*Extracted data*:
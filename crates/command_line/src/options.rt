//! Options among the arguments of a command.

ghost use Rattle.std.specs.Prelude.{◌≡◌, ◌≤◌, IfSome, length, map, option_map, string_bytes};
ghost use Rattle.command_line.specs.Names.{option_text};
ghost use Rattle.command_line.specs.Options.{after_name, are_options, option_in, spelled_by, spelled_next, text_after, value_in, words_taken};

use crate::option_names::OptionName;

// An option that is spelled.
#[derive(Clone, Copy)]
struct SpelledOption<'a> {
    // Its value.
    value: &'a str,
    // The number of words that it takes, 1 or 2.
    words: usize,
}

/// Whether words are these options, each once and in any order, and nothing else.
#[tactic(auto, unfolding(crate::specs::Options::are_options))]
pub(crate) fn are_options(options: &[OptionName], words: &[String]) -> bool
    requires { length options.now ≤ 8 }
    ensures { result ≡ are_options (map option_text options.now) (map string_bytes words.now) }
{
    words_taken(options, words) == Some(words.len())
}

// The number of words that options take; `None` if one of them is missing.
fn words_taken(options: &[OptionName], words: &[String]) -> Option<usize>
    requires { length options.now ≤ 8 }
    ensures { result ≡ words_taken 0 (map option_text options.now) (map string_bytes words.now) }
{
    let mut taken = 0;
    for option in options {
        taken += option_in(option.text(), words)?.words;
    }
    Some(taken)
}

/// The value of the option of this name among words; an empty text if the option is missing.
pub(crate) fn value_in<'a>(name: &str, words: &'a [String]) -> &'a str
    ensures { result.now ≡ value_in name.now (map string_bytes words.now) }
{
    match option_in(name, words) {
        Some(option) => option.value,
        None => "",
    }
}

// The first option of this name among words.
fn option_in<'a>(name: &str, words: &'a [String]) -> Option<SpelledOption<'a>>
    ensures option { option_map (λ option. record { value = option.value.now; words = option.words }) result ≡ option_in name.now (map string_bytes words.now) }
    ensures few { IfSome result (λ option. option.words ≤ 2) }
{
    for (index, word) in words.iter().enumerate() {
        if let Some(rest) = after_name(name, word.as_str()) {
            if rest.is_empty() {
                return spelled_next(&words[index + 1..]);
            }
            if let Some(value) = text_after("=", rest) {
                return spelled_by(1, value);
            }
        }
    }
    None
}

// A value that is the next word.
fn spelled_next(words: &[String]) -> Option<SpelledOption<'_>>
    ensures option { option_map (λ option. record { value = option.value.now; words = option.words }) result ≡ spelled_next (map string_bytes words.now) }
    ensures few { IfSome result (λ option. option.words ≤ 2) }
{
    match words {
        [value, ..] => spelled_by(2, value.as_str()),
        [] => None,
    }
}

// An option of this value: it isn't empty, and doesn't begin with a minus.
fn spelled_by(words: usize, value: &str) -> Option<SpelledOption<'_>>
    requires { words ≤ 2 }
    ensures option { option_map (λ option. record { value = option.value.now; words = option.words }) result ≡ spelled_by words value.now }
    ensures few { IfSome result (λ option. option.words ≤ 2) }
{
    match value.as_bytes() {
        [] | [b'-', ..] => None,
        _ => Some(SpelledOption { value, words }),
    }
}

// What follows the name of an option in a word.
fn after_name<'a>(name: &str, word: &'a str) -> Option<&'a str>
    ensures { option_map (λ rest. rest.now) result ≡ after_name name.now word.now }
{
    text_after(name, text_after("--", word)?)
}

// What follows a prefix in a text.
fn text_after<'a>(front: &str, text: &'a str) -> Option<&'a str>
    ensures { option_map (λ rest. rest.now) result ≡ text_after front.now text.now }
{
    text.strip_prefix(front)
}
...
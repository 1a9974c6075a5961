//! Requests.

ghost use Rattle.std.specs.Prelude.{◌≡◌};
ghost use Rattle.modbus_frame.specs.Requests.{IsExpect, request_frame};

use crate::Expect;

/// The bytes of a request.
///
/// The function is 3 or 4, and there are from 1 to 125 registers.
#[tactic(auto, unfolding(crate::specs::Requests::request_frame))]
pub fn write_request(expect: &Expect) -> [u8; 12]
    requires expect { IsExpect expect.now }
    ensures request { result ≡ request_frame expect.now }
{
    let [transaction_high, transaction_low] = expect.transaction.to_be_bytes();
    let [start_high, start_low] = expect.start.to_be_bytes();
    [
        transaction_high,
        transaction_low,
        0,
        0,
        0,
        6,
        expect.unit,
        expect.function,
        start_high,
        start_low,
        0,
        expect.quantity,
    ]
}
---
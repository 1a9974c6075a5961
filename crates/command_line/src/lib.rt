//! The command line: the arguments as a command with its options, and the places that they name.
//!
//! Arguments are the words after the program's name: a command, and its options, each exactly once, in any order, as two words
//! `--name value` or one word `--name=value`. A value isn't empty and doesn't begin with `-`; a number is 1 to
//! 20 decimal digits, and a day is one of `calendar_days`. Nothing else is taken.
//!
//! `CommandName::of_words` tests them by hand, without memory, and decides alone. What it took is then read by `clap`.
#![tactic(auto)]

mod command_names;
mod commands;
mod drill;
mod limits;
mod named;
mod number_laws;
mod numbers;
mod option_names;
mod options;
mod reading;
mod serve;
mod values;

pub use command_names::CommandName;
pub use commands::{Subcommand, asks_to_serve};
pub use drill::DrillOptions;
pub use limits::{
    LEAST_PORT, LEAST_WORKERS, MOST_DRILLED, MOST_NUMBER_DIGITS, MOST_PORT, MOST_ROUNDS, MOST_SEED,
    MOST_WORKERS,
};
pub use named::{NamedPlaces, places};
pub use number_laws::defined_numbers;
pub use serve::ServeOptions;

*Exercise description*: Pick out, from the lines above, every one that contains the string "match".

*Response for this exercise*:
    match option_in(name, words) {
    match words {
    match value.as_bytes() {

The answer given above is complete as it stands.